What the task asks:
Every record below is to be reproduced exactly.

□ □ □ □

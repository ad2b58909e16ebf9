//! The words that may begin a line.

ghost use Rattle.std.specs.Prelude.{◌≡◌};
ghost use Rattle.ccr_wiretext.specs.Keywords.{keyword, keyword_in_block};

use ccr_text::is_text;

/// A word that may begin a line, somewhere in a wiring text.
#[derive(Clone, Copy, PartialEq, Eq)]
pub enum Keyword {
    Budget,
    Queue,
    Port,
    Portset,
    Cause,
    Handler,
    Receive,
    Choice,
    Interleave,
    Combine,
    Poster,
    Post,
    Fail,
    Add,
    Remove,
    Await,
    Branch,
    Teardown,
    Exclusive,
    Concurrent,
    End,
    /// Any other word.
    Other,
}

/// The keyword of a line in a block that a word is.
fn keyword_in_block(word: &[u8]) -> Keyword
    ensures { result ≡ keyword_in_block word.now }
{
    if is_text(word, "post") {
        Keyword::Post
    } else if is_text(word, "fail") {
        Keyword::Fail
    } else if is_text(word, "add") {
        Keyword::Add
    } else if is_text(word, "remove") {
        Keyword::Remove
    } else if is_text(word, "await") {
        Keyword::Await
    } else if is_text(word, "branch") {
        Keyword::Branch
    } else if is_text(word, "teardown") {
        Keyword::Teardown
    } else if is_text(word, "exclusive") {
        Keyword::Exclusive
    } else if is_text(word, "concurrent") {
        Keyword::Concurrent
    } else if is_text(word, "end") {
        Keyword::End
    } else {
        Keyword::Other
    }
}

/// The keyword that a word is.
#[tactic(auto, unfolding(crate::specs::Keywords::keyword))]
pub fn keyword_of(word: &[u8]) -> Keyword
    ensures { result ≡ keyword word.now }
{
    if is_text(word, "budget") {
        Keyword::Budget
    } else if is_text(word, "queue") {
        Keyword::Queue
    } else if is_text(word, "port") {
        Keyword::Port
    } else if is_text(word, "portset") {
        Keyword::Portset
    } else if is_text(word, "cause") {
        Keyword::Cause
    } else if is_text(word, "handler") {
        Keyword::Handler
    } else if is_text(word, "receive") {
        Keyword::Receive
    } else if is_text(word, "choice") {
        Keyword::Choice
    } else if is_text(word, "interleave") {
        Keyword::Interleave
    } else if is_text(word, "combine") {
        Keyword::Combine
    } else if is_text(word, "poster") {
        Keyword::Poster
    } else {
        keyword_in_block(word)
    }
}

□ □ □ □

Answer space:
repository ad2b58909e16ebf9
//! The words that may begin a line.

ghost use Rattle.std.specs.Prelude.{◌≡◌};
ghost use Rattle.ccr_wiretext.specs.Keywords.{keyword, keyword_in_block};

use ccr_text::is_text;

/// A word that may begin a line, somewhere in a wiring text.
#[derive(Clone, Copy, PartialEq, Eq)]
pub enum Keyword {
    Budget,
    Queue,
    Port,
    Portset,
    Cause,
    Handler,
    Receive,
    Choice,
    Interleave,
    Combine,
    Poster,
    Post,
    Fail,
    Add,
    Remove,
    Await,
    Branch,
    Teardown,
    Exclusive,
    Concurrent,
    End,
    /// Any other word.
    Other,
}

/// The keyword of a line in a block that a word is.
fn keyword_in_block(word: &[u8]) -> Keyword
    ensures { result ≡ keyword_in_block word.now }
{
    if is_text(word, "post") {
        Keyword::Post
    } else if is_text(word, "fail") {
        Keyword::Fail
    } else if is_text(word, "add") {
        Keyword::Add
    } else if is_text(word, "remove") {
        Keyword::Remove
    } else if is_text(word, "await") {
        Keyword::Await
    } else if is_text(word, "branch") {
        Keyword::Branch
    } else if is_text(word, "teardown") {
        Keyword::Teardown
    } else if is_text(word, "exclusive") {
        Keyword::Exclusive
    } else if is_text(word, "concurrent") {
        Keyword::Concurrent
    } else if is_text(word, "end") {
        Keyword::End
    } else {
        Keyword::Other
    }
}

/// The keyword that a word is.
#[tactic(auto, unfolding(crate::specs::Keywords::keyword))]
pub fn keyword_of(word: &[u8]) -> Keyword
    ensures { result ≡ keyword word.now }
{
    if is_text(word, "budget") {
        Keyword::Budget
    } else if is_text(word, "queue") {
        Keyword::Queue
    } else if is_text(word, "port") {
        Keyword::Port
    } else if is_text(word, "portset") {
        Keyword::Portset
    } else if is_text(word, "cause") {
        Keyword::Cause
    } else if is_text(word, "handler") {
        Keyword::Handler
    } else if is_text(word, "receive") {
        Keyword::Receive
    } else if is_text(word, "choice") {
        Keyword::Choice
    } else if is_text(word, "interleave") {
        Keyword::Interleave
    } else if is_text(word, "combine") {
        Keyword::Combine
    } else if is_text(word, "poster") {
        Keyword::Poster
    } else {
        keyword_in_block(word)
    }
}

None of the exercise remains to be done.